Brief —
Look through the data for the string "texts". Copy every line where it is found.

Saved data entries —

━━━━━━━━━━━━━━━━━━━━

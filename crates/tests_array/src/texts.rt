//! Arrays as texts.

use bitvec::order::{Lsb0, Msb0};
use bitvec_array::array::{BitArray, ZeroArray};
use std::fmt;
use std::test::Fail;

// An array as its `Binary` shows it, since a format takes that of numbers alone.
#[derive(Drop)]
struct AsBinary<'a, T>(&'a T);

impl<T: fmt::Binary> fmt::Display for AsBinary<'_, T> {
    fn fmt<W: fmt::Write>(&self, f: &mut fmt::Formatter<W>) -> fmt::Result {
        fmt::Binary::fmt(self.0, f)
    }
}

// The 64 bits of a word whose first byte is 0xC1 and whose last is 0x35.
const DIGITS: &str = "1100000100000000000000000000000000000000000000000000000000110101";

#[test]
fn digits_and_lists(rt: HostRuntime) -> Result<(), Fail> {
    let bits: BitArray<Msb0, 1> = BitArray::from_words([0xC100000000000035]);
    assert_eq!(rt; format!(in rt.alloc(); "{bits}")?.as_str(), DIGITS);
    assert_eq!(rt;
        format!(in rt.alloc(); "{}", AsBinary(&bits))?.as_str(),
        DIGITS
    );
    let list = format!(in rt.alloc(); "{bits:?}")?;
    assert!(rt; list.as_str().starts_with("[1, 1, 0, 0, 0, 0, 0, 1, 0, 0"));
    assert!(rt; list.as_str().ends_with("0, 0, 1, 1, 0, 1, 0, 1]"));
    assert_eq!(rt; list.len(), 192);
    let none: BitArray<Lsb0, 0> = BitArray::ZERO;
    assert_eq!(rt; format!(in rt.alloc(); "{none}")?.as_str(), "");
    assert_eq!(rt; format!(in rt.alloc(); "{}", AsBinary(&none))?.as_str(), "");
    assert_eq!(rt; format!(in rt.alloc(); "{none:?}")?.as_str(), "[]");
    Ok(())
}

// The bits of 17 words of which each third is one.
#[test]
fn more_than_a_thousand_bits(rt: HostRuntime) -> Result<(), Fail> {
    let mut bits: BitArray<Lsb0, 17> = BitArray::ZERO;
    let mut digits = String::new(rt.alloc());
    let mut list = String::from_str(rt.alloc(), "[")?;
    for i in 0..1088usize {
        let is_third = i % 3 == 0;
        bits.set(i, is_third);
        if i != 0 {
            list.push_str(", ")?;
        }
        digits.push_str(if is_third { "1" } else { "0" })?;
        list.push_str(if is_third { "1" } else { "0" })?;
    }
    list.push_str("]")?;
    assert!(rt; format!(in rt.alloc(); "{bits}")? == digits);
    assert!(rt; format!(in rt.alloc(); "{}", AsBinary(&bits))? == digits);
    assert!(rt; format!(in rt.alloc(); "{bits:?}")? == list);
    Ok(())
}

━━━━━━━━━━━━━━━━━━━━

Exercise output —
filename crates/tests_array/src/texts.rt
//! Arrays as texts.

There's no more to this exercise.